# Interior Memory Function



## Mike McKelvey (Sep 16, 2017)

Wife and I have a 2016 Acura MDX. Great car but lousy gas mileage. It's her car and the M3 will be mine. 

The MDX does have nice seat and mirror memory locations for both side mirrors and the seat. Works fine. 

Anyone know if the M3 will include steering wheel and rear view mirror locations, as well as side mirror and seat locations, in the memory presets? If so, that would be heaven!!


----------



## SoFlaModel3 (Apr 15, 2017)

Mike McKelvey said:


> Wife and I have a 2016 Acura MDX. Great car but lousy gas mileage. It's her car and the M3 will be mine.
> 
> The MDX does have nice seat and mirror memory locations for both side mirrors and the seat. Works fine.
> 
> Anyone know if the M3 will include steering wheel and rear view mirror locations, as well as side mirror and seat locations, in the memory presets? If so, that would be heaven!!


We don't have confirmation yet, but I think it's safe to assume it will. Moreover if for some reason it doesn't, it's also safe to assume this would be an enhancement down the road for sure.

Tesla's press kit on Model 3 says

12-way, power adjustable front seats, steering column and side mirrors, with custom driver profiles
I take "custom driver profiles" to be a strong confirmation that seats, steering column, and side mirrors are included in the memory for the driver's profile.


----------



## Craig-TX (Sep 13, 2017)

Not just what's listed above... but think about this. In the Model 3, the air vents are software controlled as well. I can imagine a time where the wife and I can add vent preferences to the profile. She loves the air blowing straight on her face. I much prefer it blowing around me.


----------



## Guest (Sep 17, 2017)

Yes. Model 3 will have seat, exterior mirror (interior likely not), and steering column memory.
Air vent memory is also expected. And climate control panels settings as well. With radio station.
This way M3 will be on par with BMW 3-series.

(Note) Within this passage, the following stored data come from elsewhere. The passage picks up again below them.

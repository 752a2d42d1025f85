//! The rows of a session's plan in a body.

ghost use Rattle.std.specs.Prelude.{◌≡◌, ◌≤◌, ◌++◌, IfOk, OnOk, Some};
ghost use Rattle.json.specs.Tree.{items_tokens};
ghost use Rattle.serde_json.specs.Data.{array, depth};
ghost use Rattle.serde_json.specs.Written.{items_outline};
ghost use Rattle.serde_json.specs.View.{view, items_view};
ghost use Rattle.pres_tree.specs.JsonPrinting.{IsPlain};
ghost use Rattle.pres_plan.specs.declared.row.Action.TheVariants as action;
ghost use Rattle.pres_base_json.specs.Forms.{action_items};
ghost use Rattle.pres_base_json.specs.Reads.{keep_in, put_in, action_in};

use crate::form::BodyJson;
use json::Writer;
use pres_ids::{read_number, write_number};
use pres_plan::{Action, PlanRow};
use pres_tree::{Path, TreeFault, from_value_below, write_value};
use pres_wire::part::path_of;
use pres_write::{DraftLeaf, DraftLeafForm, Placement};
use serde_json::Value;
use std::alloc::{AllocError, Global};

// Writes the path of a place that keeps its value, and the end of the row.
fn write_keep(alloc: Global, out: &mut Writer, path: &Path) -> Result<(), AllocError>
    ensures ok { OnOk result (out.new.tokens ≡ out.old.tokens
        ++ items_tokens (items_outline (action_items (action.Keep path.now)))) }
    ensures before { out.new.before ≡ out.old.before }
    ensures plain { OnOk result (IsPlain (array (action_items (action.Keep path.now)))) }
    ensures reads_back { OnOk result
        (action_in (action_items (action.Keep path.now)) ≡ Some (action.Keep path.now)) }
    ensures low { OnOk result (depth (array (action_items (action.Keep path.now))) ≤ 36) }
{
    path.write(alloc, out)?;
    out.end_array()
}

// Writes the path and the draft that is put there, and the end of the row.
fn write_put(alloc: Global, out: &mut Writer, placement: &Placement) -> Result<(), AllocError>
    ensures ok { OnOk result (out.new.tokens ≡ out.old.tokens
        ++ items_tokens (items_outline (action_items (action.Put placement.now)))) }
    ensures before { out.new.before ≡ out.old.before }
    ensures plain { OnOk result (IsPlain (array (action_items (action.Put placement.now)))) }
    ensures reads_back { OnOk result
        (action_in (action_items (action.Put placement.now)) ≡ Some (action.Put placement.now)) }
    ensures low { OnOk result (depth (array (action_items (action.Put placement.now))) ≤ 36) }
{
    placement.path().write(alloc, out)?;
    write_value::<DraftLeaf, DraftLeafForm>(placement.draft(), out)?;
    out.end_array()
}

// Writes what the row does, and its end.
fn write_action(alloc: Global, out: &mut Writer, action: &Action) -> Result<(), AllocError>
    ensures ok { OnOk result (out.new.tokens
        ≡ out.old.tokens ++ items_tokens (items_outline (action_items action.now))) }
    ensures before { out.new.before ≡ out.old.before }
    ensures plain { OnOk result (IsPlain (array (action_items action.now))) }
    ensures reads_back { OnOk result (action_in (action_items action.now) ≡ Some action.now) }
    ensures low { OnOk result (depth (array (action_items action.now)) ≤ 36) }
{
    match action {
        Action::Put(placement) => write_put(alloc, out, placement),
        Action::Keep(path) => write_keep(alloc, out, path),
    }
}

// The action that keeps the place at the path, none where it isn't the text of one.
fn read_keep(alloc: Global, path: &Value) -> Result<Option<Action>, AllocError>
    ensures { IfOk result (λ found. found ≡ keep_in (view path.now)) }
{
    match path_of(alloc, path)? {
        Some(path) => Ok(Some(Action::Keep(path))),
        None => Ok(None),
    }
}

// The action that puts the draft at the path, none where it may not stand there.
fn read_put(alloc: Global, path: &Value, draft: &Value) -> Result<Option<Action>, AllocError>
    ensures { IfOk result (λ found. found ≡ put_in (view path.now) (view draft.now)) }
{
    let Some(path) = path_of(alloc, path)? else {
        return Ok(None);
    };
    match from_value_below::<DraftLeaf, DraftLeafForm>(alloc, draft, &path) {
        Ok(draft) => Ok(Some(Action::Put(Placement::fitting(path, draft)))),
        Err(TreeFault::Memory) => Err(AllocError),
        Err(_) => Ok(None),
    }
}

// What a row does, none where the items after its number don't say it.
fn read_action(alloc: Global, items: &[Value]) -> Result<Option<Action>, AllocError>
    ensures { IfOk result (λ found. found ≡ action_in (items_view items.now)) }
{
    match items {
        [path] => read_keep(alloc, path),
        [path, draft] => read_put(alloc, path, draft),
        _ => Ok(None),
    }
}

impl BodyJson for PlanRow {
    ghost use Rattle.pres_base_json.specs.Forms.{plan_row_json};
    ghost use Rattle.pres_base_json.specs.Reads.{plan_row_in};

    ghost json = { plan_row_json };

    ghost found = { plan_row_in };

    ghost kept = { λ row. row };

    ghost levels = { 36 };

    fn write(&self, alloc: Global, out: &mut Writer) -> Result<(), AllocError> {
        out.begin_array()?;
        write_number(self.q, out)?;
        write_action(alloc, out, &self.action)
    }

    fn read(alloc: Global, value: &Value) -> Result<Option<PlanRow>, AllocError> {
        let Some(items) = value.as_array() else {
            return Ok(None);
        };
        let Some((first, rest)) = items.as_slice().split_first() else {
            return Ok(None);
        };
        let Some(q) = read_number(first) else {
            return Ok(None);
        };
        match read_action(alloc, rest)? {
            Some(action) => Ok(Some(PlanRow { q, action })),
            None => Ok(None),
        }
    }
}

But premium package is required for that.


----------



## teslaliving (Apr 2, 2016)

Mike McKelvey said:


> Wife and I have a 2016 Acura MDX. Great car but lousy gas mileage. It's her car and the M3 will be mine.
> 
> The MDX does have nice seat and mirror memory locations for both side mirrors and the seat. Works fine.
> 
> Anyone know if the M3 will include steering wheel and rear view mirror locations, as well as side mirror and seat locations, in the memory presets? If so, that would be heaven!!


No Tesla currently remembers rearview mirror position. They do remember a bunch of stuff though:


----------



## Mike McKelvey (Sep 16, 2017)

Thanks for the info. Too bad on the rear view mirror though


----------



## SoFlaModel3 (Apr 15, 2017)

Mike McKelvey said:


> Thanks for the info. Too bad on the rear view mirror though


What car has an electronically moved rear view mirror?


----------



## Mike McKelvey (Sep 16, 2017)

As far as I know, no car does. I was hoping the M3 would.


----------



## Guest (Sep 24, 2017)

Mike McKelvey said:


> As far as I know, no car does. I


At least one car definitely has interior mirror memory. Opel Omega B. (same as Chevrolet, Vauxhall)


----------



## Michael Russo (Oct 15, 2016)

SoFlaModel3 said:


> What car has an electronically moved rear view mirror?


I am reading this as meaning the interior one of course. Many have that on outside mirrors evidently.


arnis said:


> At least one car definitely has interior mirror memory. Opel Omega B. (same as Chevrolet, Vauxhall)


That is intriguing & somewhat odd as that functionality seems rather superfluous for something that can be easily adjusted manually in a second...

As an aside, that specific model has been discontinued a while back, @arnis , though... Do you know if Opel retained that on their current 'flagship' car, the Insignia?


----------



## Guest (Sep 24, 2017)

I read the manual for Opel Insignia and it appears they dropped the interior mirror memory functionality.
I know it can be adjusted really fast but what's the point of memory function of side mirrors then.
Though lumbar support also doesn't have memory (as it likely works with air pouches, which can't have memory).


----------



## Stolz25 (Sep 10, 2017)

arnis said:


> I know it can be adjusted really fast but what's the point of memory function of side mirrors then.


These are already electronic on most cars and they take much longer to adjust. The point is convenance.


----------



## Michael Russo (Oct 15, 2016)

arnis said:


> I read the manual for Opel Insignia and it appears they dropped the interior mirror memory functionality.
> I know it can be adjusted really fast but what's the point of memory function of side mirrors then.
> Though lumbar support also doesn't have memory (as it likely works with air pouches, which can't have memory).


Totally off topic yet doesn't the latest Insignia look very, very decent?!


----------



## Akilae (Jan 16, 2017)

Michael Russo said:


> Totally off topic yet doesn't the latest Insignia look very, very decent?!


Yes, imo Opel has done quite a good job on the Insignia design. But I also liked the old model, even tho it feels dated now. Unluckily there is no electric version available with a decent charging infrastructure provided by them and performance in the low 5s .


----------